Şans eseri, nişanlını başka bir kızla yakalamıştın o gün. Hiçbir şeyin göründüğü gibi olmadığını açıklamaya çalışırken, önünde duran buzlu amerikanoyu alıp sakince kafasından aşağı boca etmiştin. Hala zavallı gibi açıklamaya çalışıyordu, buluştuğu kız da en sonunda kalkıp suratına tokadı indirmiş ve terk etmişti onu.

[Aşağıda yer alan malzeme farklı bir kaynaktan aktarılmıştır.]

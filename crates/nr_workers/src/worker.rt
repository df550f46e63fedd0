//! A shard at work.

ghost use Rattle.std.specs.Prelude.{◌≡◌, IfOk, vec_len};
ghost use Rattle.nr_workers.specs.Stages.{IsFresh, IsWorker};
ghost use Rattle.nr_workers.specs.Shards.{AreFresh, AreWorkers};

use crate::inbox::Inbox;
use crate::left::Left;
use nr_bytes::List;
use nr_exchange::{Exchange, Port, Serial};
use nr_ids::ShardId;
use nr_overlap::Phases;
use std::alloc::{AllocError, Global};

/// What a worker has in hand.
#[derive(Drop)]
pub(crate) enum Stage<W, K, L> {
    /// The world of the shard, between chunks.
    Idle(W),
    /// A chunk at work.
    Opened(K),
    /// The world behind a chunk that is sealed, and its lists, which aren't published yet.
    Sealed(W, List<L>),
    /// The last world, and the lists that no chunk takes.
    Ended(W, Left<L>),
    /// Nothing: memory was wanting, or a shard that it waited for has abandoned the run.
    Lost,
}

/// A shard that has published `height` heights.
#[derive(Drop)]
pub(crate) struct Worker<P: Phases> {
    pub inbox: Inbox<P>,
    pub shard: ShardId,
    pub height: u64,
    pub stage: Stage<P::World, P::Working, P::Parcel>,
    pub reports: Vec<P::Report>,
}

/// A worker that has done nothing.
fn begin<P: Phases>(
    alloc: Global,
    phases: &P,
    exchange: &Exchange<Serial<P>>,
    port: Port<Serial<P>>,
) -> Result<Worker<P>, AllocError>
    requires run { phases.now ≡ exchange.now.run.0 }
    requires port { IsFresh P.rules exchange.now port }
    ensures sound { IfOk result (λ worker. IsWorker P.rules exchange.now worker) }
    ensures shard { IfOk result (λ worker. worker.shard.0 ≡ port.note.shard) }
{
    let _exchange = exchange;
    let shard = port.shard();
    let world = phases.begin(alloc, shard)?;
    Ok(Worker {
        inbox: Inbox {
            port,
            done: 0,
            source: 0,
        },
        shard,
        height: 0,
        stage: Stage::Idle(world),
        reports: Vec::new(alloc),
    })
}

/// A worker for each port.
pub(crate) fn begin_all<P: Phases>(
    alloc: Global,
    phases: &P,
    exchange: &Exchange<Serial<P>>,
    ports: Vec<Port<Serial<P>>>,
) -> Result<Vec<Box<Worker<P>>>, AllocError>
    requires run { phases.now ≡ exchange.now.run.0 }
    requires ports { AreFresh P.rules exchange.now ports.items }
    ensures sound { IfOk result (λ workers. AreWorkers P.rules exchange.now workers.items) }
    ensures all { IfOk result (λ workers. vec_len workers ≡ vec_len ports) }
{
    let mut workers = Vec::new(alloc);
    let mut rest = ports.into_iter();
    while let Some(port) = rest.next() {
        let worker = begin(alloc, phases, exchange, port)?;
        workers.push(Box::new(alloc, worker)?)?;
    }
    Ok(workers)
}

Boş bakışlarla yürüyordun. Hiçbir şey hissetmemen tuhaftı, sanki sıcak gözyaşların bile bir zorunluluğu yerine getirmek için dökülüyormuş gibiydi. Tüm o şüpheli telefon görüşmeleri, mesajlarına şifre koyması... Nasıl da anlamamıştın? Yoksa anlamak mı istememiştin?

Bir anda kendini yere düşmek üzereyken bulmuştun. Düz yolda yürürken düşmeyi başarmak üzereydin, neyse ki birisi yakalamıştı seni. Gözlerini kırpıştırıp görüşünü netleştirdikten sonra, önündeki geniş omuzları fark ettin ilk olarak. Kafanı kaldırdığında gördüğün yüz, hayatının kalanında görmek istediğin tek yüz olacaktı. Gülümsediğinde, iki yanağında derinleşen çukurlara gömülmeyi vasiyetine yazmayı bile düşünmüştün.

''İyi misiniz? Çok dalgın yürüyordunuz...''erkeksi sesi nasıl da şefkatli geliyordu kulağa.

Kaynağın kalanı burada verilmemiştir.